:: SOURCE MATERIAL ::
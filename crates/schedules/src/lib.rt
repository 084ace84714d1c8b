//! Coordinators through any list of events.
#![tactic(auto)]

mod copying;
mod event;
mod laws;
mod running;
mod taking;
mod world;

pub use event::Event;
pub use laws::posts_are_answers;
pub use running::run_world;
:::
EXERCISE: The answer is the full set of records, printed exactly as given.

RESPONSE BOX:
filename crates/schedules/src/lib.rt
repository 084ace84714d1c8b
//! Coordinators through any list of events.
#![tactic(auto)]

mod copying;
mod event;
mod laws;
mod running;
mod taking;
mod world;

pub use event::Event;
pub use laws::posts_are_answers;
pub use running::run_world;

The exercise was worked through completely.